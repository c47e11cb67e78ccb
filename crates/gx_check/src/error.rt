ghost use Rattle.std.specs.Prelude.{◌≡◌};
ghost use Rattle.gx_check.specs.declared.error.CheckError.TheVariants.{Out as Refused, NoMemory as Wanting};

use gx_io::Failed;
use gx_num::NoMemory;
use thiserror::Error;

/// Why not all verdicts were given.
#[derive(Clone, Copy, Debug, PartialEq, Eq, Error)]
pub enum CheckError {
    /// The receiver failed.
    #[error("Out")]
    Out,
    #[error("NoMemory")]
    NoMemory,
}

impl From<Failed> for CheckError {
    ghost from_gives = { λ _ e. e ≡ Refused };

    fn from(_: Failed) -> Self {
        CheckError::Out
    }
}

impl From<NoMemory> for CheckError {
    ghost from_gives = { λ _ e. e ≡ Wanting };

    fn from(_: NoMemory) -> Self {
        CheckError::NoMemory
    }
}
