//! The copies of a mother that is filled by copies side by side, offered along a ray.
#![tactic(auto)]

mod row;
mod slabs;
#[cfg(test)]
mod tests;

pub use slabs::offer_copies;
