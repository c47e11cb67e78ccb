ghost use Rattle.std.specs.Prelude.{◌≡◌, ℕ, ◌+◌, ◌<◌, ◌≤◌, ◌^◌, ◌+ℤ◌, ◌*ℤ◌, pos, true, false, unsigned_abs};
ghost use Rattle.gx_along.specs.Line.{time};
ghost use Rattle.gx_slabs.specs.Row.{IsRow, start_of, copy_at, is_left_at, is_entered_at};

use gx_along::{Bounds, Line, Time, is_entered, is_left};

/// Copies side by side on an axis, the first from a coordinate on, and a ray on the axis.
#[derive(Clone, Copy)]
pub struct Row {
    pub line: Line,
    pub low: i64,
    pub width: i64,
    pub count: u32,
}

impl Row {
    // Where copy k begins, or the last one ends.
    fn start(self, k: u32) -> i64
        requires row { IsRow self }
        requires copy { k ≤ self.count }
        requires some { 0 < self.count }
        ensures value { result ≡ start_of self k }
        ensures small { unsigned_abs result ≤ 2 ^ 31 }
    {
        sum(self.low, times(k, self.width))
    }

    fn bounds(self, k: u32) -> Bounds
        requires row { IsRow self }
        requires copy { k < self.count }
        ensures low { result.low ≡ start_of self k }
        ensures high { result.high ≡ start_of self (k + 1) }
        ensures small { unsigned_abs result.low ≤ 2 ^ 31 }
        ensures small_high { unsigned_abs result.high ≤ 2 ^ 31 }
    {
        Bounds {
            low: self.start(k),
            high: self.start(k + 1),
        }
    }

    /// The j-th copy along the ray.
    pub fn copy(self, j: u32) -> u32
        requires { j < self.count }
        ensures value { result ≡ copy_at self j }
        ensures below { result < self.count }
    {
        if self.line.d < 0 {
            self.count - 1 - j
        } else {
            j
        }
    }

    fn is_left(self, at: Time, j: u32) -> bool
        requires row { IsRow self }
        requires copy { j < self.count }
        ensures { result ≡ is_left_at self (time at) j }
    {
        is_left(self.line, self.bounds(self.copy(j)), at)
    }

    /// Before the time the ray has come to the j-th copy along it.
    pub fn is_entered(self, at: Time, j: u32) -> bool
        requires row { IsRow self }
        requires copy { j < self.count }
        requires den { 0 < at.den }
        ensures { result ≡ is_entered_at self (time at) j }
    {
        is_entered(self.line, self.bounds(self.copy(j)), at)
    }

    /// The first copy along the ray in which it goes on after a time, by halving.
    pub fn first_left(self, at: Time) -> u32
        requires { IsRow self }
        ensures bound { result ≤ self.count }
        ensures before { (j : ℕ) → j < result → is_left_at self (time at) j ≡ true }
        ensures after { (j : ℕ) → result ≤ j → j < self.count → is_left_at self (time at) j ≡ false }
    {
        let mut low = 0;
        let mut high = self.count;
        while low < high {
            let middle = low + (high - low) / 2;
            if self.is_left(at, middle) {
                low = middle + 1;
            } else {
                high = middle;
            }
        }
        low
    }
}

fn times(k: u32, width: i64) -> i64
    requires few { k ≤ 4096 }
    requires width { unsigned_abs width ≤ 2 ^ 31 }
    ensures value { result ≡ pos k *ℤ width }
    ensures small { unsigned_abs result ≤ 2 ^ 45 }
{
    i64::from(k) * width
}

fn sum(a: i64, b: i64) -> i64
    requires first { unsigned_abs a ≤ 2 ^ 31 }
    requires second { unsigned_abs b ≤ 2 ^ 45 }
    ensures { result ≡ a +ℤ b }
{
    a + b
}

----------------

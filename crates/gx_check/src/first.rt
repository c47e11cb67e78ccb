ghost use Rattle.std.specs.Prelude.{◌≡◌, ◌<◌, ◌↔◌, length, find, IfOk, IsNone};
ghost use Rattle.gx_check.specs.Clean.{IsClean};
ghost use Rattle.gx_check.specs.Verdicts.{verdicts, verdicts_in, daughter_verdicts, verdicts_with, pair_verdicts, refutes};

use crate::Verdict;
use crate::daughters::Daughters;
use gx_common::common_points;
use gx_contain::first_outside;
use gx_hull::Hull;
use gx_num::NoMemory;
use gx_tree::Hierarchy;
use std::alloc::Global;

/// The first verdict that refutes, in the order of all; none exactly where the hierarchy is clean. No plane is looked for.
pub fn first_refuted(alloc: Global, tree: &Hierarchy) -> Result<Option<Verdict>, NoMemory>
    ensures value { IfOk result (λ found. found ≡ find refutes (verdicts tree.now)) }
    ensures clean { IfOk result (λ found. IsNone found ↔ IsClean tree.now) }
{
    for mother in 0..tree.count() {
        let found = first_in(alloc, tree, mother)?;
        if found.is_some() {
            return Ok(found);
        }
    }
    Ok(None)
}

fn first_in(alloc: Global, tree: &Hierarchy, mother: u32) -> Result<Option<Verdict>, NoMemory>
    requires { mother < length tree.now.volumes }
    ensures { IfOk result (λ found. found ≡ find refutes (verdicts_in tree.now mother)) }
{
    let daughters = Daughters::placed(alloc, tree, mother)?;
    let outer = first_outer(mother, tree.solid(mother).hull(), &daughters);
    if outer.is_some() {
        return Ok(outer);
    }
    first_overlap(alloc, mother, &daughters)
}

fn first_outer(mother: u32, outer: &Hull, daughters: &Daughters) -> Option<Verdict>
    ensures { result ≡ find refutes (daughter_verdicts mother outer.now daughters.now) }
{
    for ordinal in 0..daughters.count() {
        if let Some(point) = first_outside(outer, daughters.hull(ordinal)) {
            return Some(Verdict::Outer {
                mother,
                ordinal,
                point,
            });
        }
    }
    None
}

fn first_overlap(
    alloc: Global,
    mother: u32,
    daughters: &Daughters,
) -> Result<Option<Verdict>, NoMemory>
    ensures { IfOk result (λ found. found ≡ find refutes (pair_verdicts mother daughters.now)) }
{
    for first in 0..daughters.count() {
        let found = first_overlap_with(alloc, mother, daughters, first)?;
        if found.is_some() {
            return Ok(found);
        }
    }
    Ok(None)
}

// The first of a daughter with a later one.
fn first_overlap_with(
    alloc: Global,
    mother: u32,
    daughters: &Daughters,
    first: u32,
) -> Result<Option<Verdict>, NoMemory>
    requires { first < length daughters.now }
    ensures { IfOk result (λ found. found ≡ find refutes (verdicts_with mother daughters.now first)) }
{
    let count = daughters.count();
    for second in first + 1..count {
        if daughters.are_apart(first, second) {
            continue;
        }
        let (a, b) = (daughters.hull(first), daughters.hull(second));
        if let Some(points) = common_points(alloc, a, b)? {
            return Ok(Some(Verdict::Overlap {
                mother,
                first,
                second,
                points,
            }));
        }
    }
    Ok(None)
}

----------------

• [Task details]:
Where a line of the records has the string "times", copy that line.

• [Written reply]:
        sum(self.low, times(k, self.width))
fn times(k: u32, width: i64) -> i64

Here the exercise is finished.